The code rate is the number of data bits transmitted per unit time during data transmission. Generally, the unit we use is kbps, which is kilobits per second. That is, the sampling rate (not equivalent to the sampling rate, the unit of the sampling rate is Hz, which means the number of samples per second). The larger the sampling rate per unit time, the higher the accuracy, and the closer the processed file is to the original file. , But the file volume is directly proportional to the sampling rate, so almost all encoding formats pay attention to how to use the lowest bit rate to achieve the least distortion. Around this core, cbr (fixed bit rate) and vbr (variable code) are derived Rate), the higher the bit rate, the clearer the bit rate, otherwise the picture is rough and more mosaic.
The frame rate is the number of frames of pictures transmitted in one second, and can also be understood as the number of times the graphics processor refreshes per second.
-Surveillance cameras (network cameras and touch you cameras)
-Cameras required by different industries (ultra-wide dynamic camera, infrared camera, thermal imaging camera, etc.)
-Smart camera
-Industrial cameras
Network cameras are generally higher in definition than traditional analog cameras. Analog cameras are currently in a state of being eliminated. It can be understood as the previous generation of surveillance cameras, and network cameras are currently a mainstream camera. Cameras, in about 13 years, probably 70% to 80% of the market is analog cameras, but now maybe 60% to 70% are network cameras.

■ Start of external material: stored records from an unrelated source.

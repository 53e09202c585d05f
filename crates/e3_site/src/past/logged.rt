// What is read of a log, record by record, at a site that made no step.
ghost use Rattle.std.specs.Prelude.{◌≡◌, ◌==◌, ◌++◌, ◌∷◌, [], ℕ, IfOk, List, length, true};
ghost use Rattle.std.specs.Option.{IsSome};
ghost use Rattle.e3_types.specs.declared.records.Record.{Record as SomeRecord};
ghost use Rattle.e3_world.specs.Logs.{logged_inc};
ghost use Rattle.e3_world.specs.Orderly.{IsOrderly};
ghost use Rattle.e3_cards.specs.Noting.{unstepped};
ghost use Rattle.e3_cards.specs.Tables.{CardsStand};
ghost use Rattle.e3_site.specs.past.Knowing.{NamesStand};
ghost use Rattle.e3_places.specs.Keeping.{PlacesStand};
ghost use Rattle.e3_places.specs.Standing.{may_follow};
ghost use Rattle.e3_world.specs.Serial.{is_birth};
ghost use Rattle.e3_site.specs.past.Standing.{LoggedStand, PlacesMayStand, TablesStand, may_be_read};

use crate::past::following::may_follow;
use crate::past::names::Names;
use crate::past::opening::{no_opens, note_opens};
use crate::past::tables::{Opens, Tables};
use e3_cards::{Cards, note};
use e3_places::{Places, born, unborn};
use e3_readings::logged_inc;
use e3_types::{List, NoMemory, Record};
use std::alloc::Global;
use std::collections::BTreeMap;
use std::mem;

/// What is read of a log at a site that made no step. The tables of names are None where the log doesn't begin with a
/// birth, or where a record came that may not follow it.
#[derive(Drop)]
pub struct Logged {
    pub is_empty: bool,
    pub cards: Cards,
    pub places: Option<Places>,
    pub opens: Opens,
}

// The tables of names of a log that is this record. A log begins with a birth, as no other record makes rows.
fn first_places(alloc: Global, r: &Record) -> Result<Option<Places>, NoMemory>
    ensures stand { IfOk result (λ p. (site inc : ℕ) → PlacesMayStand site p (unstepped inc (r.now ∷ []))) }
    ensures known { IfOk result (λ p. is_birth r.now ≡ true → IsSome p) }
{
    match r {
        Record::Birth { rows, .. } => Ok(Some(born(alloc, rows.as_slice())?)),
        _ => Ok(None),
    }
}

// The tables of names with one more record, where it may follow the log.
fn add_places(
    alloc: Global,
    cards: &Cards,
    places: Option<Places>,
    r: &Record,
) -> Result<Option<Places>, NoMemory>
    ensures stand { IfOk result (λ now. (site inc : ℕ) → (log : List SomeRecord) → CardsStand site cards.now (unstepped inc log)
        → PlacesMayStand site places (unstepped inc log) → PlacesMayStand site now (unstepped inc (log ++ r.now ∷ []))) }
    ensures known { IfOk result (λ now. (site inc : ℕ) → (log : List SomeRecord) → CardsStand site cards.now (unstepped inc log)
        → IsSome places → may_follow log r.now ≡ true → IsSome now) }
{
    let Some(places) = places else {
        return Ok(None);
    };
    if !may_follow(cards, r) {
        return Ok(None);
    }
    let mut places = places;
    e3_places::note(alloc, &mut places, r)?;
    Ok(Some(places))
}

fn places_behind(
    alloc: Global,
    is_empty: bool,
    cards: &Cards,
    places: Option<Places>,
    r: &Record,
) -> Result<Option<Places>, NoMemory>
    ensures stand { IfOk result (λ now. (site inc : ℕ) → (log : List SomeRecord) → is_empty ≡ (length log == 0) → CardsStand site cards.now (unstepped inc log)
        → PlacesMayStand site places (unstepped inc log) → PlacesMayStand site now (unstepped inc (log ++ r.now ∷ []))) }
    ensures known { IfOk result (λ now. (site inc : ℕ) → (log : List SomeRecord) → is_empty ≡ (length log == 0) → CardsStand site cards.now (unstepped inc log)
        → IsSome places → may_be_read log r.now ≡ true → IsSome now) }
{
    if is_empty {
        first_places(alloc, r)
    } else {
        add_places(alloc, cards, places, r)
    }
}

fn no_cards(alloc: Global, site: u32, inc: u32) -> Cards
    ensures { CardsStand site result (unstepped inc []) }
{
    Cards {
        site,
        inc,
        begins: 0,
        calls: 0,
        map: BTreeMap::new(alloc),
    }
}

// Nothing waits at a site that made no step, so that no name is restless.
fn known(alloc: Global, places: Places) -> Names
    ensures { (site inc : ℕ) → (log : List SomeRecord) → PlacesStand site places (unstepped inc log) → NamesStand site result (unstepped inc log) }
{
    Names {
        places,
        restless: List::new(alloc),
    }
}

impl Logged {
    /// What is read of the empty log, at a site of this incarnation.
    pub fn new(alloc: Global, site: u32, inc: u32) -> Logged
        ensures { LoggedStand site result inc [] }
    {
        Logged {
            is_empty: true,
            cards: no_cards(alloc, site, inc),
            places: Some(unborn(alloc)),
            opens: no_opens(alloc),
        }
    }

    /// Reads one more record of the log, in place: it costs what is known of the record's transaction and names. Want of
    /// memory is the only error; what is read then is left open.
    pub fn read(&mut self, alloc: Global, r: &Record) -> Result<(), NoMemory>
        ensures { IfOk result (λ u. (site inc : ℕ) → (log : List SomeRecord) → LoggedStand site self.old inc log → LoggedStand site self.new inc (log ++ r.now ∷ [])) }
    {
        let were = mem::replace(&mut self.places, None);
        let places = places_behind(alloc, self.is_empty, &self.cards, were, r)?;
        self.places = places;
        note_opens(&self.cards, &mut self.opens, r)?;
        note(alloc, &mut self.cards, r)?;
        self.is_empty = false;
        Ok(())
    }

    /// What is read of a whole log, at a site of its incarnation. The log of a site has tables of names. Want of memory is the
    /// only error.
    pub fn of(alloc: Global, site: u32, log: &[Record]) -> Result<Logged, NoMemory>
        ensures stand { IfOk result (λ read. LoggedStand site read (logged_inc log.now) log.now) }
        ensures known { IfOk result (λ read. IsOrderly site log.now → IsSome read.places) }
    {
        let mut read = Logged::new(alloc, site, logged_inc(log));
        for r in log {
            read.read(alloc, r)?;
        }
        Ok(read)
    }

    /// The tables of a site that rose with the log and made no step since. The log of a site has tables of its names.
    pub fn into_tables(self, alloc: Global) -> Tables
        requires { IsSome self.places }
        ensures { (site inc : ℕ) → (log : List SomeRecord) → LoggedStand site self inc log → TablesStand site (unstepped inc log) result }
    {
        let Logged {
            cards,
            places,
            opens,
            ..
        } = self;
        let Some(places) = places else { unreachable!() };
        Tables {
            cards,
            names: known(alloc, places),
            opens,
        }
    }
}
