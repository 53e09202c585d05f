// What a site keeps of its past, and what a step makes of it.
use crate::past::names::{Names, NamesBehind};
use e3_cards::{Cards, Changes};
use e3_types::Txn;

/// Undecided transactions that a site knows, some more than once: those of its log, in its order; those of the operations
/// that came to it; and those that it began.
#[derive(Drop)]
pub struct Opens {
    pub logged: Vec<Txn>,
    pub arrived: Vec<Txn>,
    pub begun: Vec<Txn>,
}

/// What is read of a site's past: of each transaction, of names, and of what is open.
#[derive(Drop)]
pub struct Tables {
    pub cards: Cards,
    pub names: Names,
    pub opens: Opens,
}

/// What a step makes of a site's tables: what it makes of the cards and of what is known of names, and the transactions
/// that it adds to those that are open.
#[derive(Drop)]
pub struct Behind {
    pub cards: Changes,
    pub names: NamesBehind,
    pub opens: Opens,
}
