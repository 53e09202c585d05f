// A law of the records that a step makes: they may follow the log of their site.
ghost use Rattle.e3_site.specs.past.Claims.{StepsMayFollow};

/// The records of any step may follow the site's log, whatever that log is, what the site did before, and what the step
/// takes: none is a birth, and none is a vote for or a decision of a transaction that the log decides.
pub fn steps_may_follow_the_log()
    ensures { StepsMayFollow }
{}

Performance, in other words, performance will be replaced by another word called Latency (low latency). Low latency means that when your performance is better, your processing analysis efficiency is higher, which is equivalent to the lower your latency. This is performance. The other is called throughput, which means the amount of data you can process at the same time.

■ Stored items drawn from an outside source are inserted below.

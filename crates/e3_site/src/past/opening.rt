// The transactions that are open at a site.
ghost use Rattle.std.specs.Prelude.{◌≡◌, ◌+◌, ◌≤◌, ◌++◌, ◌∷◌, [], ℕ, IfOk, MatchOption, OnOk, List as Items, length, vec_capacity};
ghost use Rattle.std.specs.List.{flat_map, list_any};
ghost use Rattle.e3_types.specs.declared.records.Record.{Record as SomeRecord};
ghost use Rattle.e3_types.specs.declared.transactions.Txn.{Txn as SomeTxn};
ghost use Rattle.e3_world.specs.declared.lives.At.{At};
ghost use Rattle.e3_world.specs.declared.lives.Life.{Life};
ghost use Rattle.e3_world.specs.Items.{began_in, txn_of_record};
ghost use Rattle.e3_world.specs.Lives.{life_by};
ghost use Rattle.e3_world.specs.Logs.{is_undecided};
ghost use Rattle.e3_cards.specs.Noting.{unstepped};
ghost use Rattle.e3_cards.specs.Tables.{AreCountable, CardsStand};
ghost use Rattle.e3_readings.specs.Opens.{open_in};
ghost use Rattle.e3_places.specs.Standing.{fresh_of};
ghost use Rattle.e3_world.specs.Making.{decides};
ghost use Rattle.e3_site.specs.past.Opening.{AreAdded, HaveRoom, OpensStand, fresh_txns, undecided_among};
ghost use Rattle.e3_site.specs.past.Standing.{TablesStand};

use crate::past::arriving::fresh;
use crate::past::tables::{Opens, Tables};
use e3_cards::Cards;
use e3_places::Standing;
use e3_readings::{in_order, is_decision, is_undecided, txn_of_record};
use e3_step::decides;
use e3_types::{List, NoMemory, Record, Told, Txn};
use e3_world::SiteStep;
use std::alloc::Global;

/// Nothing is open at a site with an empty log that made no step.
pub(crate) fn no_opens(alloc: Global) -> Opens
    ensures { (site inc : ℕ) → OpensStand site result (unstepped inc []) }
{
    Opens {
        logged: Vec::new(alloc),
        arrived: Vec::new(alloc),
        begun: Vec::new(alloc),
    }
}

fn push(t: &Txn, out: &mut Vec<Txn>) -> Result<(), NoMemory>
    ensures { OnOk result (out.new.items ≡ out.old.items ++ t.now ∷ []) }
{
    match out.push(*t) {
        Ok(()) => Ok(()),
        Err(_) => Err(NoMemory),
    }
}

// Adds the transaction, where the log leaves it undecided.
fn add_one(cards: &Cards, t: &Txn, out: &mut Vec<Txn>) -> Result<(), NoMemory>
    ensures { IfOk result (λ u. (a : At) → CardsStand a.site cards.now a.life → out.new.items ≡ out.old.items ++ undecided_among a.life.log (t.now ∷ [])) }
{
    if cards.seen(t).decision.is_none() {
        push(t, out)?;
    }
    Ok(())
}

// What makes a transaction known to a site: a record of it, an operation of it that came, or what tells its begin.
trait MakesKnown {
    ghost known: { Self → Items SomeTxn };

    fn txn(&self) -> Option<&Txn>
        ensures { MatchOption result (known self.now ≡ []) (λ t. known self.now ≡ t.now ∷ []) };
}

impl MakesKnown for Record {
    ghost known = { txn_of_record };

    fn txn(&self) -> Option<&Txn> {
        txn_of_record(self)
    }
}

impl MakesKnown for Told {
    ghost known = { began_in };

    fn txn(&self) -> Option<&Txn> {
        match self {
            Told::Began { txn } => Some(txn),
            _ => None,
        }
    }
}

impl MakesKnown for Option<Standing> {
    ghost known = { fresh_txns };

    fn txn(&self) -> Option<&Txn> {
        match self {
            Some(s) => Some(&s.asked.txn),
            None => None,
        }
    }
}

// Adds the transaction that it makes known, where the log leaves it undecided.
fn add_known<T: MakesKnown>(cards: &Cards, source: &T, out: &mut Vec<Txn>) -> Result<(), NoMemory>
    ensures { IfOk result (λ u. (a : At) → CardsStand a.site cards.now a.life → out.new.items ≡ out.old.items ++ undecided_among a.life.log (T.known source.now)) }
{
    match source.txn() {
        Some(t) => add_one(cards, t, out),
        None => Ok(()),
    }
}

// Adds the transactions that these make known and the log leaves undecided.
fn add_all_known<T: MakesKnown>(
    cards: &Cards,
    sources: &[T],
    out: &mut Vec<Txn>,
) -> Result<(), NoMemory>
    ensures { IfOk result (λ u. (a : At) → CardsStand a.site cards.now a.life → out.new.items ≡ out.old.items ++ undecided_among a.life.log (flat_map T.known sources.now)) }
{
    match sources {
        [] => Ok(()),
        [first, rest @ ..] => {
            add_known(cards, first, out)?;
            add_all_known(cards, rest, out)
        }
    }
}

// Adds the transaction of the operation that the step takes up, where it came for the first time and the log leaves it
// undecided.
fn add_arrived(
    alloc: Global,
    cards: &Cards,
    step: &SiteStep,
    out: &mut Vec<Txn>,
) -> Result<(), NoMemory>
    requires { AreCountable cards.now }
    ensures { IfOk result (λ u. (a : At) → CardsStand a.site cards.now a.life → out.new.items ≡ out.old.items ++ undecided_among a.life.log (fresh_txns (fresh_of a.site a.life step.now))) }
{
    let new = fresh(alloc, cards, &step.input, step.told.as_slice());
    add_known(cards, &new, out)
}

// A record among these decides a transaction.
fn have_decided(records: &[Record]) -> bool
    ensures { result ≡ list_any decides records.now }
{
    records.iter().any(|r| decides(r))
}

// Takes those out that the records decide.
fn sift_all(records: &[Record], txns: &mut Vec<Txn>)
    ensures { txns.new.items ≡ undecided_among records.now txns.old.items }
{
    txns.retain(|t| is_undecided(t, records));
}

// The same. Where no record decides a transaction it looks at none of them, so that most steps cost nothing for what is open.
fn sift(records: &[Record], txns: &mut Vec<Txn>)
    ensures { txns.new.items ≡ undecided_among records.now txns.old.items }
{
    if !have_decided(records) {
        return;
    }
    sift_all(records, txns);
}

fn is_left(t: &Txn, r: &Record) -> bool
    ensures { result ≡ is_undecided t.now (r.now ∷ []) }
{
    !is_decision(t, r)
}

// Takes those out that the record decides.
fn sift_all_by(r: &Record, txns: &mut Vec<Txn>)
    ensures { txns.new.items ≡ undecided_among (r.now ∷ []) txns.old.items }
{
    txns.retain(|t| is_left(t, r));
}

// The same, at no cost where the record is no decision.
fn sift_by(r: &Record, txns: &mut Vec<Txn>)
    ensures { txns.new.items ≡ undecided_among (r.now ∷ []) txns.old.items }
{
    if !decides(r) {
        return;
    }
    sift_all_by(r, txns);
}

// Adds the transactions that a step adds: what may be refused borrows them.
fn add_opens(
    alloc: Global,
    cards: &Cards,
    step: &SiteStep,
    more: &mut Opens,
) -> Result<(), NoMemory>
    requires countable { AreCountable cards.now }
    requires none { (site inc : ℕ) → OpensStand site more.old (unstepped inc []) }
    ensures { IfOk result (λ u. (a : At) → CardsStand a.site cards.now a.life → AreAdded a.site a.life step.now more.new) }
{
    add_all_known(cards, step.records.as_slice(), &mut more.logged)?;
    add_arrived(alloc, cards, step, &mut more.arrived)?;
    add_all_known(cards, step.told.as_slice(), &mut more.begun)?;
    Ok(())
}

/// The transactions that a step adds to those that are open, by the cards before it. Want of memory is the only error.
pub(crate) fn added(alloc: Global, cards: &Cards, step: &SiteStep) -> Result<Opens, NoMemory>
    requires { AreCountable cards.now }
    ensures { IfOk result (λ more. (a : At) → CardsStand a.site cards.now a.life → AreAdded a.site a.life step.now more) }
{
    let mut more = no_opens(alloc);
    add_opens(alloc, cards, step, &mut more)?;
    Ok(more)
}

fn reserve(txns: &mut Vec<Txn>, more: &[Txn]) -> Result<(), NoMemory>
    ensures same { txns.new.items ≡ txns.old.items }
    ensures ok { OnOk result (length txns.new.items + length more.now ≤ vec_capacity txns.new) }
{
    match txns.try_reserve(more.len()) {
        Ok(()) => Ok(()),
        Err(_) => Err(NoMemory),
    }
}

/// Makes room for the transactions that a step adds. What is open stays, also where memory wants.
pub(crate) fn ready_opens(opens: &mut Opens, more: &Opens) -> Result<(), NoMemory>
    ensures stand { (site : ℕ) (life : Life) → OpensStand site opens.old life → OpensStand site opens.new life }
    ensures ok { OnOk result (HaveRoom opens.new more.now) }
{
    reserve(&mut opens.logged, more.logged.as_slice())?;
    reserve(&mut opens.arrived, more.arrived.as_slice())?;
    reserve(&mut opens.begun, more.begun.as_slice())
}

// Puts these behind those that are open, and takes those out that the records decide.
fn add_all(records: &[Record], more: &[Txn], txns: &mut Vec<Txn>)
    requires { length txns.old.items + length more.now ≤ vec_capacity txns.old }
    ensures { txns.new.items ≡ undecided_among records.now (txns.old.items ++ more.now) }
{
    let _ = txns.extend_from_slice(more);
    sift(records, txns);
}

/// What is open behind a step, with the transactions that it adds and without those that it decides. It takes no memory.
pub(crate) fn apply_opens(opens: &mut Opens, step: &SiteStep, more: Opens)
    requires { HaveRoom opens.old more }
    ensures { (site : ℕ) (life : Life) → OpensStand site opens.old life → AreAdded site life step.now more → OpensStand site opens.new (life_by life step.now) }
{
    let records = step.records.as_slice();
    add_all(records, more.logged.as_slice(), &mut opens.logged);
    add_all(records, more.arrived.as_slice(), &mut opens.arrived);
    add_all(records, more.begun.as_slice(), &mut opens.begun);
}

/// The open transactions of a log with one more record, at a site that made no step, by the cards of the log before it. Want
/// of memory is the only error; what they are then is left open.
pub(crate) fn note_opens(cards: &Cards, opens: &mut Opens, r: &Record) -> Result<(), NoMemory>
    ensures { IfOk result (λ u. (site inc : ℕ) → (log : Items SomeRecord) → CardsStand site cards.now (unstepped inc log) → OpensStand site opens.old (unstepped inc log)
        → OpensStand site opens.new (unstepped inc (log ++ r.now ∷ []))) }
{
    add_known(cards, r, &mut opens.logged)?;
    sift_by(r, &mut opens.logged);
    Ok(())
}

// All of them, those of the log first and those that the site began last.
fn all_of(alloc: Global, opens: &Opens) -> Result<List<Txn>, NoMemory>
    ensures { IfOk result (λ txns. txns ≡ (opens.now.logged.items ++ opens.now.arrived.items) ++ opens.now.begun.items) }
{
    let mut txns = List::new(alloc);
    txns.extend(opens.logged.as_slice())?;
    txns.extend(opens.arrived.as_slice())?;
    txns.extend(opens.begun.as_slice())?;
    Ok(txns)
}

/// The undecided transactions that a site knows for whose life the tables stand, each once and ascending. It costs what the
/// operations and the records of open transactions are. Want of memory is the only error.
pub fn open_with(alloc: Global, tables: &Tables) -> Result<List<Txn>, NoMemory>
    ensures { IfOk result (λ txns. (site : ℕ) (life : Life) → TablesStand site life tables.now → txns ≡ open_in site life) }
{
    let txns = all_of(alloc, &tables.opens)?;
    in_order(alloc, txns.as_slice())
}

And what is the difference between CPU and GPU? The main reason lies in these two places. The CPU is a high-performance, that is, ultra-low latency. It can quickly do complex calculations and can achieve a good performance requirement. The GPU is based on a format called an arithmetic unit, so its advantage is not low latency, because it is really not good at doing complex calculations, each of its processors is very small, relatively weak, but It can let all its weak processors do processing at the same time, which is equivalent to processing a large amount of data at the same time, which means that its throughput is very large, so CPU focuses on performance, and GPU focuses on Throughput.
Stanford CS223B
It is more suitable for the basics and suitable for students who are just getting started. Relatively speaking, the combination with deep learning will be less. It will not focus on deep learning in the whole course, but mainly focus on computer vision, which will cover all aspects.

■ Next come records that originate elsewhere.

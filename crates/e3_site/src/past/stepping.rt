// What a step makes of the tables of a site.
ghost use Rattle.std.specs.Prelude.{◌≡◌, ℕ, IfOk, OnOk, true};
ghost use Rattle.e3_world.specs.declared.lives.Life.{Life};
ghost use Rattle.e3_world.specs.Lives.{life_by};
ghost use Rattle.e3_cards.specs.Tables.{AreCountable};
ghost use Rattle.e3_places.specs.Standing.{follow};
ghost use Rattle.e3_site.specs.past.Standing.{TablesStand};
ghost use Rattle.e3_site.specs.past.Stepping.{ActAlike, HasRoom, IsMadeOf};

use crate::past::names;
use crate::past::opening::{added, apply_opens, ready_opens};
use crate::past::tables::{Behind, Tables};
use e3_cards as cards;
use e3_types::NoMemory;
use e3_world::SiteStep;
use std::alloc::Global;

/// What a step makes of the tables. It reads them alone, and changes none.
pub fn behind(alloc: Global, tables: &Tables, step: &SiteStep) -> Result<Behind, NoMemory>
    requires { AreCountable tables.now.cards }
    ensures { IfOk result (IsMadeOf tables.now step.now) }
{
    let cards = cards::changes(alloc, &tables.cards, step)?;
    let names = names::behind(alloc, &tables.cards, &tables.names, step)?;
    let opens = added(alloc, &tables.cards, step)?;
    Ok(Behind {
        cards,
        names,
        opens,
    })
}

/// Makes room for what a step makes: afterwards it can be put in its place. What the tables say stays, also where memory
/// wants.
pub fn ready(alloc: Global, tables: &mut Tables, behind: &Behind) -> Result<(), NoMemory>
    ensures same { ActAlike tables.old tables.new behind.now }
    ensures ok { OnOk result (HasRoom tables.new behind.now) }
{
    cards::ready(alloc, &mut tables.cards.map, behind.cards.cards.as_slice())?;
    names::ready(alloc, &mut tables.names, &behind.names)?;
    ready_opens(&mut tables.opens, &behind.opens)
}

/// Puts what a step makes in its place: the tables are those of the life with that step, where the step's records may follow
/// the log. Those of the rules always may: `steps_may_follow_the_log`. It takes no memory.
pub fn apply(tables: &mut Tables, step: &SiteStep, behind: Behind)
    requires are { IsMadeOf tables.old step.now behind }
    requires room { HasRoom tables.old behind }
    ensures { (site : ℕ) (life : Life) → TablesStand site life tables.old → follow life.log step.now.records ≡ true
        → TablesStand site (life_by life step.now) tables.new }
{
    names::apply(&mut tables.names, behind.names);
    apply_opens(&mut tables.opens, step, behind.opens);
    cards::apply(&mut tables.cards, step, behind.cards);
}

This should not need to be introduced. Generally, many people know that this is a course that combines computer vision and deep learning. We can see it on YouTube. The teacher of this course is Li Feifei. If you don’t know, you can check it. For a moment, if you do computer vision, this person can be regarded as the "leading" in the industry and academia.
It is a very classic computer vision library, which implements many common computer vision algorithms. Can help everyone get started quickly.
If you are doing computer vision, Caffe is more recommended. Caffe is better at doing convolutional neural networks, which are the most used in computer vision.
So no matter what other open source software you learn later, Caffe is inevitable, because after learning Caffe, you will find that if you understand Caffe, you will use Caffe, and even have the ability to change its source code. You will find that you have a qualitative leap in understanding of deep learning.
TensorFlow has been very popular recently, but its entry barrier is not low. It takes much more time to learn to use it than all other software. Secondly, it is currently not particularly mature and stable, so the update iterations between versions are very There are too many, compatibility is not good, there is still a lot of room for improvement in operating efficiency.